Commonsense Reasoning with Logical Entailment Trees
Developing benchmarks and evaluation methods for logical commonsense reasoning
Quick Navigation: Overview • Research Progress • Research Goals
Overview
Developing benchmarks and reasoning methods for evaluating logical commonsense reasoning in large language models at the BLAST Lab, University of Colorado Boulder.

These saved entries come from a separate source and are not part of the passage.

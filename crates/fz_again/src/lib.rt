//! What is written of a FlatZinc model is read again as it.
//!
//! It stands on `fz_tokens` and `fz_grammar`, which say what the tokens and the tree of a text are, on `fz_model` and
//! `fz_file`, which say what is written of a model, and on `fz_values`, `fz_items` and `fz_read`, which say what a text
//! is read as. `specs/Tree.antt` gives the tree of a model. Of the text of a sound model `reads_as_tree` states that it
//! has this tree, `written_again` that it denotes the model, `one_layout` that it denotes no other, and `read_again`
//! that it is read as the model where the counts of models that are read hold; each but for the places of calls. The
//! crate has laws alone, and no code.
#![tactic(auto)]

mod laws;

pub use laws::{one_layout, read_again, reads_as_tree, written_again};
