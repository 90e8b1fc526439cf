ghost use Rattle.xs_fields.specs.Law.{OneDenotation};

/// The law of direct words: a word that denotes a variable by `Names::find` misses nothing as a word of a list, and there
/// it denotes that variable alone.
pub fn one_denotation()
    ensures { OneDenotation }
{}
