ghost use Rattle.std.specs.Prelude.{◌≡◌, true, int_le, length, nat_le};
ghost use Rattle.std.specs.Char.{is_ascii_digit};
ghost use Rattle.std.specs.List.{list_all};
ghost use Rattle.std.specs.Str.Parse.{digits_value, signed_digits_value};
ghost use Rattle.xs_fields.specs.Integers.{is_integer, is_minus, is_zero};

use crate::integer::unsigned;
use crate::words::from;

/// Whether the bytes begin with a minus.
fn is_minus(word: &[u8]) -> bool
    ensures { result ≡ is_minus word.now }
{
    !word.is_empty() && word[0] == b'-'
}

fn are_zeros(digits: &[u8]) -> bool
    requires { list_all is_ascii_digit digits.now ≡ true }
    ensures { result ≡ is_zero (digits_value 10 digits.now) }
{
    for digit in digits {
        if *digit != b'0' {
            return false;
        }
    }
    true
}

/// Whether the number of the digits `a` is at most that of `b`, which are as many.
fn same_length_at_most(a: &[u8], b: &[u8]) -> bool
    requires same { length a.now ≡ length b.now }
    requires left { list_all is_ascii_digit a.now ≡ true }
    requires right { list_all is_ascii_digit b.now ≡ true }
    ensures { result ≡ nat_le (digits_value 10 a.now) (digits_value 10 b.now) }
{
    for i in 0..a.len() {
        if a[i] != b[i] {
            return a[i] < b[i];
        }
    }
    true
}

/// Whether the number of the digits `a` is at most that of `b`.
fn digits_at_most(a: &[u8], b: &[u8]) -> bool
    requires left { list_all is_ascii_digit a.now ≡ true }
    requires right { list_all is_ascii_digit b.now ≡ true }
    ensures { result ≡ nat_le (digits_value 10 a.now) (digits_value 10 b.now) }
{
    if a.len() <= b.len() {
        let (front, back) = b.split_at(b.len() - a.len());
        !are_zeros(front) || same_length_at_most(a, back)
    } else {
        let (front, back) = a.split_at(a.len() - b.len());
        are_zeros(front) && same_length_at_most(back, b)
    }
}

/// Whether the integer `a` is at most the integer `b`, of any magnitude.
pub fn at_most(a: &[u8], b: &[u8]) -> bool
    requires left { is_integer a.now ≡ true }
    requires right { is_integer b.now ≡ true }
    ensures { result ≡ int_le (signed_digits_value 10 a.now) (signed_digits_value 10 b.now) }
{
    match (is_minus(a), is_minus(b)) {
        (false, false) => digits_at_most(unsigned(a), unsigned(b)),
        (true, true) => digits_at_most(unsigned(b), unsigned(a)),
        (true, false) => true,
        (false, true) => are_zeros(unsigned(a)) && are_zeros(unsigned(b)),
    }
}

Timeline: June 2025 – Present Advisor: Dr. Maria L. Pacheco, CU Boulder Target Venue: ACL 2026
Research Progress
Completed Work
Benchmark Development
Created a commonsense QA benchmark dataset designed to evaluate logical reasoning capabilities:
- Logically Composed Options: Question-answer pairs with options that require multi-fact reasoning
- Multi-Step Reasoning Trees: Structured representations of reasoning chains
- Compositional Structure: Questions that test compositional and logical reasoning abilities
The benchmark enables systematic evaluation of how language models handle complex commonsense inference tasks that require combining multiple facts and logical steps.
Baseline Evaluation
Benchmarked reasoning quality using standard LLM prompting strategies:
- N-Shot Prompting: Tested few-shot learning approaches with varying numbers of examples
- Chain-of-Thought (CoT) Prompting: Evaluated step-by-step reasoning generation
- Baseline Performance: Established baseline metrics for reasoning quality on the benchmark
These baselines provide comparison points for evaluating more advanced reasoning methods.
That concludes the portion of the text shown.